I can't see why something posted on wine-patches shouldn't be equal with found on the street, in the meaning that things that is unprotected by copyright can be legally incorperated in the main tree.
This is probably true regardless of the legal status of shrinkwrap licenses in Europe, especially since it is IMHO entire reasonable, given existing European cases, to assume that they don't have an legally meaning.
It's unclear where the anti-trust issue fits in there.
I pass, not my area of expertize. :-)
Food for thought, anyhow...
Yes.
Patrik Stridvall wrote:
One fly in the legal ointment is that while the headers may not be copyrighable, the shrinkwrap license may still be legal as a contract.
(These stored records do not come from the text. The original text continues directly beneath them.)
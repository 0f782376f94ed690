//! What a row of a table says.

ghost use Rattle.gtd_calendar.specs.Calendar.{IsCalendarDay};
ghost use Rattle.std.proofs.Props.{props};

/// A kind of holidays.
#[derive(Clone, Copy, Debug, PartialEq, Eq)]
pub enum HolidayKind {
    /// Public holidays, `PH`.
    Public,
    /// School holidays, `SH`.
    School,
}

/// What a row of a table says of its days.
#[derive(Clone, Copy)]
pub struct HolidayRow {
    /// The first day, counted from 1970-01-01.
    pub first: i64,
    /// The last day, which is included.
    pub last: i64,
    /// The kind of holidays.
    pub kind: HolidayKind,
    /// `true`: all holidays of this kind on these days are in the table. `false`: these days are holidays of this kind.
    pub covers: bool,
    pub ghost first_in: { IsCalendarDay first } by { Prim.hlevel props },
    pub ghost last_in: { IsCalendarDay last } by { Prim.hlevel props },
}
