//! Dates of a table.

ghost use Rattle.std.specs.Prelude.{◌≡◌, ◌<◌, ℤ, IfSome, MatchOption};
ghost use Rattle.gtd_calendar.specs.Calendar.{IsCalendarDay};
ghost use Rattle.gtd_calendar.specs.ReadParts.{IsFourDigits, IsTwoDigits, IsYmd};
ghost use Rattle.gtd_hours_holidays.specs.Dates.{IsDayText};

use gtd_calendar::day_of;

// The value of two digits.
fn two(a: u8, b: u8) -> Option<u8>
    ensures { IsTwoDigits a b result }
{
    if a.is_ascii_digit() && b.is_ascii_digit() {
        Some(10 * (a - b'0') + (b - b'0'))
    } else {
        None
    }
}

// The value of four digits.
fn four(a: u8, b: u8, c: u8, d: u8) -> Option<u16>
    ensures { IsFourDigits a b c d result }
{
    let high = two(a, b)?;
    let low = two(c, d)?;
    Some(100 * u16::from(high) + u16::from(low))
}

// The numbers of a text of the shape `YYYY-MM-DD`.
fn ymd(text: &[u8]) -> Option<(u16, u8, u8)>
    ensures { IsYmd text.now result }
{
    let [y1, y2, y3, y4, b'-', m1, m2, b'-', d1, d2] = text else {
        return None;
    };
    let year = four(*y1, *y2, *y3, *y4)?;
    let month = two(*m1, *m2)?;
    let day = two(*d1, *d2)?;
    Some((year, month, day))
}

/// The day of a text `YYYY-MM-DD`, or `None` exactly if the text does not have this form, there is no such date, or its year is
/// not from 1800 to 2799. Takes no memory.
pub(crate) fn read_day(text: &[u8]) -> Option<i64>
    ensures day { MatchOption result ((n : ℤ) → IsDayText text.now n → ⊥) (IsDayText text.now) }
    ensures near { IfSome result IsCalendarDay }
{
    let (year, month, day) = ymd(text)?;
    day_of(i64::from(year), month, day)
}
There's a case where a court suggested that someone who buys a copy of a product that contains a shrinkwrap license agreement and unwraps it is legally bound to follow it, while the person who later finds the unwrapped CD 'on the street' with no such license is allowed to copy the portions that are unprotected by copyright.
If that is so, wouldn't it mean that if you have a pirated copy of the headers you can legally copy and distribute parts that are unprotected by copyright. :-)
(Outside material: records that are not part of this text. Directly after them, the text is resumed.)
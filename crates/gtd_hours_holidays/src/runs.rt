//! The runs of a set of days.

ghost use Rattle.std.specs.Prelude.{◌≡◌, ◌+ℤ◌, ◌-ℤ◌, ◌≤ℤ◌, ◌<ℤ◌, pos, IfOk, MatchOption};
ghost use Rattle.gtd_core.specs.Limits.{first_calendar_day, last_calendar_day};
ghost use Rattle.gtd_calendar.specs.Calendar.{IsCalendarDay};
ghost use Rattle.gtd_hours_holidays.specs.Days.{AreNone, IsIn};
ghost use Rattle.gtd_hours_holidays.specs.Runs.{AreRuns, IsNextRun, IsRunEnd};

use crate::days::{Days, FIRST_DAY, LAST_DAY};
use crate::run::Run;
use std::alloc::{AllocError, Global};

// The day before one that is not the first.
fn day_before(day: i64) -> i64
    requires { (first_calendar_day <ℤ day) × (day ≤ℤ last_calendar_day) }
    ensures before { result ≡ day -ℤ pos 1 }
    ensures near { IsCalendarDay result }
{
    day - 1
}

/// The day after one.
pub(crate) fn day_after(day: i64) -> i64
    requires { IsCalendarDay day }
    ensures after { result ≡ day +ℤ pos 1 }
{
    day + 1
}

// The last day of the run of a set that begins on a day of it.
fn last_from(days: &Days, first: i64) -> i64
    requires first_in { IsCalendarDay first }
    requires in_set { IsIn days.now first }
    ensures last { IsRunEnd days.now first result }
{
    match days.first_missing(first, LAST_DAY) {
        Some(after) => day_before(after),
        None => LAST_DAY,
    }
}

// The run of a set that begins on a day of it.
fn run_from(days: &Days, first: i64) -> Run
    requires first_in { IsCalendarDay first }
    requires in_set { IsIn days.now first }
    ensures first { result.first ≡ first }
    ensures last { IsRunEnd days.now first result.last }
{
    let last = last_from(days, first);
    Run { first, last }
}

// The first run of a set from a day on.
fn next_run(days: &Days, from: i64) -> Option<Run>
    requires { IsCalendarDay from }
    ensures { MatchOption result (AreNone (IsIn days.now) from last_calendar_day) (IsNextRun days.now from) }
{
    match days.first_in(from, LAST_DAY) {
        Some(first) => Some(run_from(days, first)),
        None => None,
    }
}

/// The maximal runs of the days of a set, in order. `AllocError` is answered only if memory was refused.
pub fn runs_of(alloc: Global, days: &Days) -> Result<Vec<Run>, AllocError>
    ensures runs { IfOk result (λ runs. AreRuns days.now first_calendar_day runs.items) }
{
    let mut runs = Vec::new(alloc);
    let mut from = FIRST_DAY;
    while from <= LAST_DAY {
        let Some(run) = next_run(days, from) else {
            return Ok(runs);
        };
        runs.push(run)?;
        from = day_after(run.last);
    }
    Ok(runs)
}
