// How many words a lent module takes, if all of it fits.
ghost use Rattle.std.specs.Prelude.{◌≡◌, ◌*◌, length};
ghost use Rattle.rules.specs.Writing.{held};
ghost use Rattle.words.specs.Found.{found_of};
ghost use Rattle.writer.specs.Size.{one_size, size_from};
ghost use Rattle.writer.specs.Lent.{own_of};

use crate::fits::{constants_fit, ops_fit, trimmed};
use crate::lent::{CONSTANT_WORDS, EXTRA_WORDS, Head, LENT_CHUNK, Lent, split};
use words::fields;
use words::kinds::Mode;
use words::limits::WORDS;

// The words of a chunk whose own these lists are, if they fit.
fn own_size(h: Head, own: Lent<'_>) -> Option<usize>
    requires { (length own.constants.now ≡ 3 * h.constants) × (length own.ops.now ≡ 3 * h.ops) }
    ensures { found_of result ≡ one_size (own_of h own.entry) }
{
    if fields::B_UNIT <= h.locals {
        return None;
    }
    if h.mode > Mode::Stream as u32 {
        return None;
    }
    if !constants_fit(own.constants) || !ops_fit(own.ops) {
        return None;
    }
    let n = trimmed(own.extras).len();
    if (h.ops as usize) < n {
        return None;
    }
    Some(1 + CONSTANT_WORDS * h.constants as usize + h.ops as usize + EXTRA_WORDS * n)
}

// The words of a module with its head, if its chunks fit, nothing is left over, and they are no more than the limit.
pub fn module_size(chunks: &[u32], lent: Lent<'_>) -> Option<usize>
    ensures { found_of result ≡ size_from 1 (held chunks.now lent.entry.constants.now lent.entry.ops.now lent.entry.extras.now) }
{
    let (fives, over) = chunks.as_chunks::<LENT_CHUNK>();
    let mut total = 1;
    let mut rest = lent;
    for &five in fives {
        let h = Head::from(five);
        let (own, behind) = split(rest, h)?;
        total += own_size(h, own)?;
        if WORDS < total {
            return None;
        }
        rest = behind;
    }
    if over.is_empty() & rest.constants.is_empty() & rest.ops.is_empty() & rest.extras.is_empty() {
        return Some(total);
    }
    None
}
According to the analysis I've read on the case, that's exactly right:
http://cyber.law.harvard.edu/property/alternative/minassian.html
-Gav
Patrik Stridvall wrote:
One fly in the legal ointment is that while the headers may not be copyrighable, the shrinkwrap license may still be legal as a contract. There's a case where a court suggested that someone who buys a copy of a product that contains a shrinkwrap license agreement and unwraps it is legally bound to follow it, while the person who later finds the unwrapped CD 'on the street' with no such license is allowed to copy the portions that are unprotected by copyright.
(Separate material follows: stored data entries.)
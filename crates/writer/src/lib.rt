// The writer: the words of a module that an editor holds as four lists of numbers.

#![tactic(auto)]

pub mod entry;
mod fits;
pub mod lent;
mod put;
mod size;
If that is so, wouldn't it mean that if you have a pirated copy of the headers you can legally copy and distribute parts that are unprotected by copyright. :-)
Oh, the irony of it all.
Anyway, you don't need to go to such extremes, since the legal status of shrinkwrap licenses in Europe is much more doubtful, just have somebody in Europe do it.
I can't see why something posted on wine-patches shouldn't be equal with found on the street, in the meaning that things that is unprotected by copyright can be legally incorperated in the main tree.
This is probably true regardless of the legal status of shrinkwrap licenses in Europe, especially since it is IMHO entire reasonable, given existing European cases, to assume that they don't have an legally meaning.
I would say in the US they should not and really don't have legal meaning either. There have not really been enough cases to say one way or the other. Yes, so far there have been stupid cases where justices decided that the shrink-wrap license actually meant something, but I can see that issue going the other direction soon. I think the courts already have enough to do without dealing with BS over a shrink-wrap license.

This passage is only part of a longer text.